JIS Z 2801
Antibacterial Products -- Test For Antibacterial Activity And Efficacy (Japanese Standard)
JIS Z 2801 specifies a method of determining the antibacterial activity of antibacterial / anti-microbial-treated plastic products such as our Si-Quat Products.
It is not intended to be used to evaluate the effects and propagation of bacteria on plastics without antibacterial treatments and is specifically designed to test products like Si-Quat and Clean N Coat. ISO 846 describes tests to evaluate the effects and propagation of bacteria on plastics, which are different from those covered by JIS Z 2801. For some test it is good to test plastics that are not treated to create a control group. Secondary effects of antibacterial treatments, such as the prevention of biodeterioration and odour, are not covered by the standard although it would be a side effect of our Si-Quat active coatings.

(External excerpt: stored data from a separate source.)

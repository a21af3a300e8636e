//! The counts of shared mappings, in the words of the host's pages.

ghost use Rattle.std.specs.Prelude.{◌≡◌};
ghost use Rattle.cove_host.specs.Raised.{MayRaise, RaisesBy};

use cove_base::{Page, Words};

/// Counts one mapping more of each of `n` pages of the host's, from `first` on.
pub(crate) fn raise_counts<W: Words>(w: &mut W, first: Page, n: u32)
    requires { MayRaise (W.allows (W.guard w.old)) first.0 n (W.words w.old) }
    ensures raised { RaisesBy first.0 n (W.words w.old) (W.words w.new) }
    ensures guard { W.guard w.new ≡ W.guard w.old }
{
    // The word of a page of the host's is eight times its count.
    for i in 0..n {
        let word = w.get(first.0 + i);
        w.set(first.0 + i, word + 8);
    }
}
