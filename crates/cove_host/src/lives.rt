//! The checks of a TVM's life and of its vCPUs that calls share: a live TVM is found once, and then asked.

ghost use Rattle.std.specs.Prelude.{◌≡◌, ◌<◌, ℕ, List, IfOk, OnOk, Some, is_some};
ghost use Rattle.cove_base.specs.declared.limits.TheConstants.{VCPU_LIMIT};
ghost use Rattle.cove_host.specs.Checked.{checked};
ghost use Rattle.cove_host.specs.FoundTvms.{IsLiveTvm, has_no_cpu, without_value};
ghost use Rattle.cove_model.specs.Checks.{CpuNumber, HasSomeCpu, IsBuilding, IsRunnable, Live, NoCpuYet, PlaceAligned};
ghost use Rattle.cove_model.specs.States.{State};
ghost use Rattle.cove_tvm.specs.Slots.{slot_at};
ghost use Rattle.cove_tvm.specs.Stands.{Stands};
ghost use Rattle.cove_tvm.specs.TvmTables.{live_at};
ghost use Rattle.cove_tvm.specs.declared.ground.Ground.{Ground};

use crate::checks::check;
use cove_base::{Reply, Status, VCPU_LIMIT};
use cove_tvm::{Ground, Tvm};

/// The live TVM with a number.
pub(crate) fn live(g: &Ground, t: u64) -> Result<&Tvm, Reply>
    ensures told { (words : List ℕ) (S : State) → Stands words g.now S → without_value result ≡ checked (Live S t) }
    ensures found { (words : List ℕ) (S : State) → Stands words g.now S → IfOk result (λ tvm. IsLiveTvm words S t tvm.now) }
    ensures live { IfOk result (λ tvm. live_at g.now.tvms t ≡ Some tvm.now) }
{
    match g.tvms.live(t) {
        Some(tvm) => Ok(tvm),
        None => Err(Reply {
            status: Status::InvalidParam,
            value: 0,
        }),
    }
}

/// The TVM is not finalized yet.
pub(crate) fn is_building(tvm: &Tvm) -> Result<(), Reply>
    ensures told { (words : List ℕ) (S : State) (t : ℕ) → IsLiveTvm words S t tvm.now
        → result ≡ checked (IsBuilding S t) }
{
    check(tvm.life.is_runnable(), Status::Denied)
}

/// The TVM is finalized.
pub(crate) fn is_runnable(tvm: &Tvm) -> Result<(), Reply>
    ensures told { (words : List ℕ) (S : State) (t : ℕ) → IsLiveTvm words S t tvm.now
        → result ≡ checked (IsRunnable S t) }
{
    check(!tvm.life.is_runnable(), Status::Denied)
}

/// The TVM has a vCPU.
pub(crate) fn has_some_cpu(tvm: &Tvm) -> Result<(), Reply>
    ensures told { (words : List ℕ) (S : State) (t : ℕ) → IsLiveTvm words S t tvm.now
        → result ≡ checked (HasSomeCpu S t) }
{
    check(lacks_cpus(tvm), Status::Denied)
}

/// The number is one that a vCPU may have.
pub(crate) fn cpu_number(v: u64) -> Result<(), Reply>
    ensures told { result ≡ checked (CpuNumber v) }
    ensures within { OnOk result (v < VCPU_LIMIT) }
{
    check(v >= VCPU_LIMIT, Status::InvalidParam)
}

/// The TVM has no such vCPU yet.
pub(crate) fn no_cpu_yet(tvm: &Tvm, v: u64) -> Result<(), Reply>
    ensures told { (words : List ℕ) (S : State) (t : ℕ) → IsLiveTvm words S t tvm.now
        → result ≡ checked (NoCpuYet S t v) }
{
    check(has_cpu(tvm, v), Status::AlreadyAvailable)
}

/// The place is a multiple of 4, as that of an instruction is.
pub(crate) fn place_aligned(pc: u64) -> Result<(), Reply>
    ensures { result ≡ checked (PlaceAligned pc) }
{
    check(pc % 4 != 0, Status::InvalidAddress)
}

// Whether the TVM has no vCPU.
fn lacks_cpus(tvm: &Tvm) -> bool
    ensures { result ≡ has_no_cpu tvm.now }
{
    tvm.v0.is_none() && tvm.v1.is_none() && tvm.v2.is_none() && tvm.v3.is_none()
}

// Whether the TVM has the vCPU.
fn has_cpu(tvm: &Tvm, v: u64) -> bool
    ensures { result ≡ is_some (slot_at tvm.now v) }
{
    tvm.vcpu(v).is_some()
}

SUMMARY OF THE JIS Z 2801 TEST
The test microbes are prepared, usually by development in a liquid culture medium. Per the method, two representative microbes are specified, S. aureus and E. coli. Are standard and also used by AFFIX Labs to test the Si-Quat active coating.
The suspension of the test microorganism is standardized by dilution in a nutritive solution that enables the bacteria to grow during the test.
Control and test surfaces are inoculated with microorganisms, and then the microbial inoculum is covered with a thin, sterile cover. Covering the inoculum helps it spread better and prevents it from vaporizing, it also helps to ensures close contact with the antimicrobial surface which is needed for a mechanical kill like with our Si-Quat active molecule.
Microbial concentrations are established at the start of the test by elution followed by dilution and plating.
A control is run to verify that the neutralization/elution method effectively neutralizes the antimicrobial agent in the antimicrobial surface being tested.
All the samples and control group are incubate and remain undisturbed in a humid environment for 24 hours.
After incubation, microbial concentrations are determined. The reduction of microorganisms relative to initial concentrations and the control surface is calculated.